What’s a data scientist?


I recently attended the Open Data Science Conference (ODSC) in London. The very first presentation was given by Gael Varoquaux. One of the first questions he asked was an obvious one, at such an event: what’s data science? In a nutshell, Gael, described data science as a combination of statistics plus coding. Whilst the term data science has become more prominent in recent years, the concept of using coding to do statistics isn’t of course new. I’ve been doing for many years in financial markets (and other folks, have been doing this a lot longer than me!), although, admittedly this week was the first time, when someone asked me “are you a data scientist?” Whilst it took me a few moments to think answer, in the end, “yes” seemed like my best answer.

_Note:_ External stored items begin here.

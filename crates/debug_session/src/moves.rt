//! Moves: by the debugger's workers, or by the calling thread alone.
ghost use Rattle.std.specs.Prelude.{◌≡◌, IfOk, OnErr};
ghost use Rattle.debugger.specs.Debugging.{HasMoved};
ghost use Rattle.debugger.specs.Moves.{StepGoesTo};
ghost use Rattle.debug_session.specs.Answers.{session_state, GoesTo};

use debugger::{Debugger, MoveFault};
use prompt_words::Move;
use window_engine::{Gate, Hands};

/// Moves to a position, or to the run's end where that comes first.
fn move_to(debugger: &mut Debugger, target: u64) -> Result<u64, MoveFault>
    ensures moved { IfOk result (HasMoved debugger.old debugger.new) }
    ensures goes { IfOk result (StepGoesTo debugger.old.start 0 target) }
    ensures err { OnErr result (debugger.new ≡ debugger.old) }
{
    let from = debugger.position();
    if target < from {
        debugger.back(from - target)
    } else {
        debugger.step(target - from)
    }
}

/// Makes a move.
pub(crate) fn make<H: Hands>(
    hands: &H,
    gate: &Gate,
    debugger: &mut Debugger,
    asked: Move,
) -> Result<u64, MoveFault>
    requires ready { H.ready hands.now }
    ensures moved { IfOk result (HasMoved debugger.old debugger.new) }
    ensures goes { IfOk result (GoesTo asked debugger.old.start (session_state debugger.old)) }
    ensures err { OnErr result (debugger.new ≡ debugger.old) }
{
    match asked {
        Move::Step(count) => debugger.step(count),
        Move::Back(count) => debugger.back(count),
        Move::Run => debugger.run(hands, gate),
        Move::Reverse => debugger.reverse(),
        Move::Until(time) => debugger.until(hands, gate, time),
        Move::Goto(target) => move_to(debugger, target),
        Move::Moment(time) => debugger.goto_moment(hands, gate, time),
    }
}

What is different, is that in recent years, we have seen an explosion in data being generated by individuals and businesses. If we think of many businesses, they collect large amounts of data. Take for example a supermarket, whilst it might seem obvious they collect data on what they sell both instore and online, they also collect data from all manner of other areas and sensors. A lot of this can be so called exhaust data that is collected as part of their usual business. At the same time as this increasing amount of data being collected, computing power has multiplied, and is more accessible, notably through the cloud. Open source tools like Python and R, and the various libraries built on top of them like pandas, have also made it easier for this data to be analysed. The combination of all of these things, has given rise to data science and data scientists who work in a multitude of different areas, who can assess the value of this data. Indeed, at ODSC, whilst, everyone attending was a data science, and there were commonalities in what we did, what tools we used, what techniques we might apply, the number of different industries was incredibly diverse, ranging from trading, to healthcare, to travel, naming just a few examples.

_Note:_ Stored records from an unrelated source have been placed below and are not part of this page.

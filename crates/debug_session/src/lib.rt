//! A session of the debugger: commands come in, and each command's answer goes out.
#![tactic(auto)]

pub mod dialogue;
mod display_text;
mod displaying;
mod missing;
mod moves;
pub mod prompt;
mod readout;
mod reply;
pub mod said;
pub mod session;
mod shown;
mod stall_list;
mod typed_move;
mod typed_reply;

pub use dialogue::Dialogue;
pub use prompt::answer_typed;
pub use reply::answer;
pub use said::Said;
pub use session::{DialogueFault, run_commands, run_session};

It is only in recent years that the idea of “data science” has become something taught on university curriculums, with that specific name. As a result, most data scientists today, have come to data science from other fields, whether it is more from the statistics, computing or engineering. In some cases, they might have come from data science from multiple areas and I include myself in this bucket. When I graduated from university (let’s just say a few years ago…!), studying a degree course maths and computer science degree, I covered many areas associated with data science, in both statistics and programming. (I would love to pretend I had some sort of foresight about the growth of data science, but I ended up choosing the course, mainly because I love maths and enjoy coding!)


So far we have stressed the commonalities between what data scientists do and the types of tools they might use. However, at the same time, it is key to have some element of domain specific knowledge, which is sometimes lost in all the buzz about data science. One talk I particularly enjoyed was given by Norbert Kraft from Nokia Bell Labs, the legendary research institution which saw the invention of UNIX and C. His talk was on detecting anomalies in multivariate time series, in the particular example of telecoms, trying to detect degradation in mobile phone signals (eg. too many dropped calls). More broadly, one important point he made is that the area of finance is different: it doesn’t follow physical laws in the same way as other data science problems. The trading environment keeps on changing and you are also in a race with other participants. By contrast, if you are doing something like handwriting recognition, whilst the problem is not easy to solve, it doesn’t keep changing.


Data science is an exciting area, building upon many crucial fields including statistics and computing. Furthermore, it is going to become even more important in the years ahead! If you have the data, data science can help us unlock the value of it, in particular when combined with domain knowledge.